1 Corinthians 13:4-5- "Love is patient and kind, love does not envy or boast, it is not arrogant or rude. It does not insist on it's own way, it is not irritable or resentful."
When I love Christ and when I love my family I will not be irritable and rude. I will not insist on my own way. When I am rude and even think I deserve more than I'm getting, I am not loving others. I am loving myself.
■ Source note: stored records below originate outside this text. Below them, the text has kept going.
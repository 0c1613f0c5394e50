// Buffers of numbers, filled from the words of a line.
ghost use Rattle.std.specs.Prelude.{◌≡◌, ◌<◌, ◌≤◌, length, map, MatchOption};
ghost use Rattle.std.specs.Float.{binary64};
ghost use Rattle.std.specs.Float.Ieee.{of_bits};

use bits::float::floats_of;

// Room for 65 columns, one more than a call takes, 128 places apart. Nothing here allocates.
pub const ROOM: usize = 8320;

// The front of a room with the numbers of the words, if it holds them.
pub fn numbers<'a>(room: &'a mut [f64; ROOM], w: &[u64]) -> Option<&'a mut [f64]>
    ensures cases { MatchOption result (8320 < length w.now) (λ x. (x.now ≡ map (of_bits binary64) w.now) × (length w.now ≤ 8320)) }
{
    if w.len() > room.len() {
        return None;
    }
    let front = &mut room[..w.len()];
    floats_of(w, &mut *front);
    Some(front)
}
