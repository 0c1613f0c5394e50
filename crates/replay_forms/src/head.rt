// n and the stride of a line, which stand after its lengths.
ghost use Rattle.std.specs.Prelude.{◌≡◌, ◌+◌, ◌<◌, length, get_or, drop, MatchOption};
ghost use Rattle.replay_forms.specs.Lines.{more};

// Where a line has its stride: a line of the base has none, and n serves for it.
#[derive(Clone, Copy)]
pub enum Stride {
    OfRows,
    Given,
}

// n and the stride, and the words after them.
#[derive(Clone, Copy)]
pub struct Head<'a> {
    pub n: usize,
    pub ld: usize,
    pub rest: &'a [u64],
}

impl Stride {
    pub fn head(self, w: &[u64]) -> Option<Head>
        ensures cases { MatchOption result (length w.now < 1 + more self) (λ h. (h.n ≡ get_or w.now 0 0) × (h.ld ≡ get_or w.now (more self) 0) × (h.rest.now ≡ drop (1 + more self) w.now) × (length h.rest.now + 1 + more self ≡ length w.now)) }
    {
        match self {
            Stride::OfRows => {
                let (&n, rest) = w.split_first()?;
                Some(Head {
                    n: n as usize,
                    ld: n as usize,
                    rest,
                })
            }
            Stride::Given => {
                let (&[n, ld], rest) = w.split_first_chunk::<2>()?;
                Some(Head {
                    n: n as usize,
                    ld: ld as usize,
                    rest,
                })
            }
        }
    }
}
This verse is a verse that I pray through often because I am often easily irritated. Just when I think I have noticed that there are some improvements, I am knocked backwards at my own sin.
Ray has been out of town for several days and this sweet little girl hasn't left my side. She has been with me every moment - sleeping, eating, bathing, yes, even the bathroom. She made a simple request to help with something, I don't remember, but it was really very little to ask. I snapped at her and told her to go somewhere else.
One of my daughters looked at me with shock in her eyes and said, "It really isn't that big of a deal. Here, Abigail, come help me." I made the lame excuse that I was tired and needed a little space and sulked.
I didn't handle my irritations well at all. There are times when mothers need to be alone to rest, recharge and renew themselves. But there is still no excuse for sin. My daughter needs my attention more right now because her daddy isn't around this week. I must put aside my irritation and love her in a kind and patient way.
She has gotten in some time teaching her babies all that they need to know. The picture to the right is of her riding in the car going to music. This is basically how she usually rides, with her "Bubby" and "Just Plain Elephant".